Segment Start: Records to use
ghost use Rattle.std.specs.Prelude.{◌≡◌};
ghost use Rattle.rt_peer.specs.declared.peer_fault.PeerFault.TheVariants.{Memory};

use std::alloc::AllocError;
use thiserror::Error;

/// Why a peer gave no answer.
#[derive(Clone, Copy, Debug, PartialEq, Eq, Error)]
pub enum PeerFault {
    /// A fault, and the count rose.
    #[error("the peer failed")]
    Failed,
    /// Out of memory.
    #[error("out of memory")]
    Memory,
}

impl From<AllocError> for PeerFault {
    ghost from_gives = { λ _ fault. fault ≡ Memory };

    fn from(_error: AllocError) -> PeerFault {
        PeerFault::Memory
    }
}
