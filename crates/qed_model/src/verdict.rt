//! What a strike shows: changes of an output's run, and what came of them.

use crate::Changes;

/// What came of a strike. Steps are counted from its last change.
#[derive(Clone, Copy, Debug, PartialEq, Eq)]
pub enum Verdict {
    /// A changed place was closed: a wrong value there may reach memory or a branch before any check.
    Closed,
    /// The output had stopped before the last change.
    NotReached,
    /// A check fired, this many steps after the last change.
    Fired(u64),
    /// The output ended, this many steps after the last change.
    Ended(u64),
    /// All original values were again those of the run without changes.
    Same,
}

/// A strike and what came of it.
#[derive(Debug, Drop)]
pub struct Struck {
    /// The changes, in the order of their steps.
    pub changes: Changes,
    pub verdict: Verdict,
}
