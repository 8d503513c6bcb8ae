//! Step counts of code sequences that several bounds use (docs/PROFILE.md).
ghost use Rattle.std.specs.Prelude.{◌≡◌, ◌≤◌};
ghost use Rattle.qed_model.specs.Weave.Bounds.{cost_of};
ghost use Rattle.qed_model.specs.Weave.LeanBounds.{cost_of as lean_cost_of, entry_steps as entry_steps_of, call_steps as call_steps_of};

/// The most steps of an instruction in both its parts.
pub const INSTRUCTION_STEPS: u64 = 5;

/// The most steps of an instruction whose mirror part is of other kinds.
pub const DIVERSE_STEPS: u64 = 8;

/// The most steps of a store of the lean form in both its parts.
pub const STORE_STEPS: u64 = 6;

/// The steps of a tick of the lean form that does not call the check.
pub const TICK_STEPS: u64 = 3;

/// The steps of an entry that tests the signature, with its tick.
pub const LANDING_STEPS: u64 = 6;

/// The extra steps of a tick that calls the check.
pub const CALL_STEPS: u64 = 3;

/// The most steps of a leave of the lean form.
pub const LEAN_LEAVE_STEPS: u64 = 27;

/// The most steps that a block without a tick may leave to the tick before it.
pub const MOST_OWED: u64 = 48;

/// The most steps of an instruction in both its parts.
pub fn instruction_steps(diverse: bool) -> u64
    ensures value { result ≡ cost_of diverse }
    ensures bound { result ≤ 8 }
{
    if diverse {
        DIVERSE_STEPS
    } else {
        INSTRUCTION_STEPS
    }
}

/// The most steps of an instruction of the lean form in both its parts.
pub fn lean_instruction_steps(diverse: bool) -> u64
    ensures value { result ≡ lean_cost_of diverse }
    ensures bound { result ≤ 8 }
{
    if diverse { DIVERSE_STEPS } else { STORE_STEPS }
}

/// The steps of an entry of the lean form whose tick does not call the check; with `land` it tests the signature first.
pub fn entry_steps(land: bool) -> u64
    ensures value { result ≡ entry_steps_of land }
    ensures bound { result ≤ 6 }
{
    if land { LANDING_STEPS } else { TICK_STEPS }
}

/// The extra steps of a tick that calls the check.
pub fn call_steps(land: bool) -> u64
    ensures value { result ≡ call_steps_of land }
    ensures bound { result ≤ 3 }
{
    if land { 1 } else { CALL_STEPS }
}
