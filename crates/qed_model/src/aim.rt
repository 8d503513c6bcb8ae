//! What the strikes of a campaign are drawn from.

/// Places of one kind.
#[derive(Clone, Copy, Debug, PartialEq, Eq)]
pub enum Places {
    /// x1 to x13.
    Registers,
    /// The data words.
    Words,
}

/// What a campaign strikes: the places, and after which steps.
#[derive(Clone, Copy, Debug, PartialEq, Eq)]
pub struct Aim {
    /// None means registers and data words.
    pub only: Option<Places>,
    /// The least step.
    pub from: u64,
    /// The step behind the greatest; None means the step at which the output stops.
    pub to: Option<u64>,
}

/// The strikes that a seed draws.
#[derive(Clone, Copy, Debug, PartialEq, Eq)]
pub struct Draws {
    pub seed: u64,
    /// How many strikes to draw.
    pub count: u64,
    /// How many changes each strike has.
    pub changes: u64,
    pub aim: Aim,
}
Segment End: Records to use
Segment Start: Records to use
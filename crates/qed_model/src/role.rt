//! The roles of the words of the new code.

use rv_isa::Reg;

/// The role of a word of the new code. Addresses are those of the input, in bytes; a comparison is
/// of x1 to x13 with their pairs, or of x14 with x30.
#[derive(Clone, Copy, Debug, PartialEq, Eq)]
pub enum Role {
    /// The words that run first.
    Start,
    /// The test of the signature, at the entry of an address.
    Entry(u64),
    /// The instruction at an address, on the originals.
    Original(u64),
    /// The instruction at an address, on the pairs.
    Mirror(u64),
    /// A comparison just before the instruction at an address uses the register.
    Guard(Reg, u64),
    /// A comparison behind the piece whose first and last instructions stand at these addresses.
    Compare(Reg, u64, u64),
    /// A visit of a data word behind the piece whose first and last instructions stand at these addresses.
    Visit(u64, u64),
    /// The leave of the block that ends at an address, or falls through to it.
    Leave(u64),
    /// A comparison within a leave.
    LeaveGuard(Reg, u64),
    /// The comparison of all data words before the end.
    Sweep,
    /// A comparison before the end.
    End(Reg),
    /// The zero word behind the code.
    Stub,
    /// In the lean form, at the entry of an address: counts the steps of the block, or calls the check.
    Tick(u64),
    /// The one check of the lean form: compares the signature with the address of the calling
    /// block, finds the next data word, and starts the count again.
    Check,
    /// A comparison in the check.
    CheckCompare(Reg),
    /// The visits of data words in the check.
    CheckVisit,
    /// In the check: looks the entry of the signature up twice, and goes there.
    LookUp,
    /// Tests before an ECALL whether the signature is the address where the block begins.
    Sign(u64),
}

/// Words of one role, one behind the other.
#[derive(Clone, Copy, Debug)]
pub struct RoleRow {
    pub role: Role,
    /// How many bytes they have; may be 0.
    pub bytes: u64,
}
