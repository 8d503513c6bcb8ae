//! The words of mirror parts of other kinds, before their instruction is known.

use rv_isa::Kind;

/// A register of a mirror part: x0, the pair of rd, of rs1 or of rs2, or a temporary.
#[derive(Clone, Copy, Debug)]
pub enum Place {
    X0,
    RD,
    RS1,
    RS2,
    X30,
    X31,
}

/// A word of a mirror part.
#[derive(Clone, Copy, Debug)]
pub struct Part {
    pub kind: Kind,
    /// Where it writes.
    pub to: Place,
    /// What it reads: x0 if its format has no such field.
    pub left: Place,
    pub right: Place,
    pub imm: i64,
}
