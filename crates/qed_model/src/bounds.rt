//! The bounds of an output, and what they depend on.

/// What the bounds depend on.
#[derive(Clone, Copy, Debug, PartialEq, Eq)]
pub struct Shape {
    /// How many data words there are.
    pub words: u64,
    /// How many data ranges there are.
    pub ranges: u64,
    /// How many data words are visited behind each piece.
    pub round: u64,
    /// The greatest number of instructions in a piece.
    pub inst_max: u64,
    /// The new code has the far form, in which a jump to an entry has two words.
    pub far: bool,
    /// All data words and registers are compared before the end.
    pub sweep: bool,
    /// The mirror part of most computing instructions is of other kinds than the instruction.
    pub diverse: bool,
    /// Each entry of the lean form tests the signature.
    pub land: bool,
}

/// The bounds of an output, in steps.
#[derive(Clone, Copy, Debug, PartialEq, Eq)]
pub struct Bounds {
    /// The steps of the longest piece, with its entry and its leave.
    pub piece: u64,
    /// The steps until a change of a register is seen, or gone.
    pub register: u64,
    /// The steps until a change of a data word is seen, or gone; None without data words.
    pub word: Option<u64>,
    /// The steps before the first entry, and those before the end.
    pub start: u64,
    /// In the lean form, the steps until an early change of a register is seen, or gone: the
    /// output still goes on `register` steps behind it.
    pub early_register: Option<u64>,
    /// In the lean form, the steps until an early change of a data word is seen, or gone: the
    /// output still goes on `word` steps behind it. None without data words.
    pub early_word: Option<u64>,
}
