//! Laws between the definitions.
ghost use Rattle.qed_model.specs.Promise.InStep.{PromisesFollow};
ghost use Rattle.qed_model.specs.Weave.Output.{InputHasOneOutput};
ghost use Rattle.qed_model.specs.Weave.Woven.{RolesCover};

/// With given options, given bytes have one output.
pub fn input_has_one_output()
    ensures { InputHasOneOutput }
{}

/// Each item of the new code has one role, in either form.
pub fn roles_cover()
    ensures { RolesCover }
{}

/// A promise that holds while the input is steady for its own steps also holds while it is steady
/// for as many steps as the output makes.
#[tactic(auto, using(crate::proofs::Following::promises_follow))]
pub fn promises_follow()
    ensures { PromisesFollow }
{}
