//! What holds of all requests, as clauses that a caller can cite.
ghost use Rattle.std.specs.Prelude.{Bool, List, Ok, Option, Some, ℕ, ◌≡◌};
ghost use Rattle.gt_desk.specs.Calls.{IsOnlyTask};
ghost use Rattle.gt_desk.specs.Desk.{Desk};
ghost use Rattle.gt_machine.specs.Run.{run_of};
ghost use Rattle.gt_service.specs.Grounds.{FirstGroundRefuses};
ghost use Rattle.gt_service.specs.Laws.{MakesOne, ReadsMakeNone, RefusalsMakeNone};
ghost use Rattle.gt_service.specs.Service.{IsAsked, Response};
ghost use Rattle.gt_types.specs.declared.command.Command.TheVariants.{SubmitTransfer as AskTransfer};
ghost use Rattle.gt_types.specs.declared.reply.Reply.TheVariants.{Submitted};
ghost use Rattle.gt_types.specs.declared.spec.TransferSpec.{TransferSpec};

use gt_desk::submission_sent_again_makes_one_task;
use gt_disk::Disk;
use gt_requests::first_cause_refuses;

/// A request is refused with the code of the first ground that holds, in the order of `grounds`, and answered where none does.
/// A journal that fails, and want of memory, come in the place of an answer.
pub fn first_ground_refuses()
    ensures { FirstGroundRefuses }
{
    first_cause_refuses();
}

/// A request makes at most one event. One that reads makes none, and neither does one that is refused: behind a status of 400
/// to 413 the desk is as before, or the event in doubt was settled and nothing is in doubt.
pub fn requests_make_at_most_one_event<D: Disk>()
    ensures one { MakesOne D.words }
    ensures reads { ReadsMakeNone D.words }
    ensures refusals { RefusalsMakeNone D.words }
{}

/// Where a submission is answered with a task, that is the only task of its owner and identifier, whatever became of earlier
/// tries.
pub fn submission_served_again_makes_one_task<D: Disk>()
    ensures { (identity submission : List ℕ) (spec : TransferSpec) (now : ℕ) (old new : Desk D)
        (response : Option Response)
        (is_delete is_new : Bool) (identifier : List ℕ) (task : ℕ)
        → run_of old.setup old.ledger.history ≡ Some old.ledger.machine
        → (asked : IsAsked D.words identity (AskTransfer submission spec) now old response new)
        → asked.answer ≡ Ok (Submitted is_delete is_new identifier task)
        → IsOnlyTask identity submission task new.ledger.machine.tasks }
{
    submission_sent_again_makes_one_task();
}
Segment End: Records to use
(Work item) Go through the records and copy each line with "ledger" in it.

(Response)
        → run_of old.setup old.ledger.history ≡ Some old.ledger.machine
        → IsOnlyTask identity submission task new.ledger.machine.tasks }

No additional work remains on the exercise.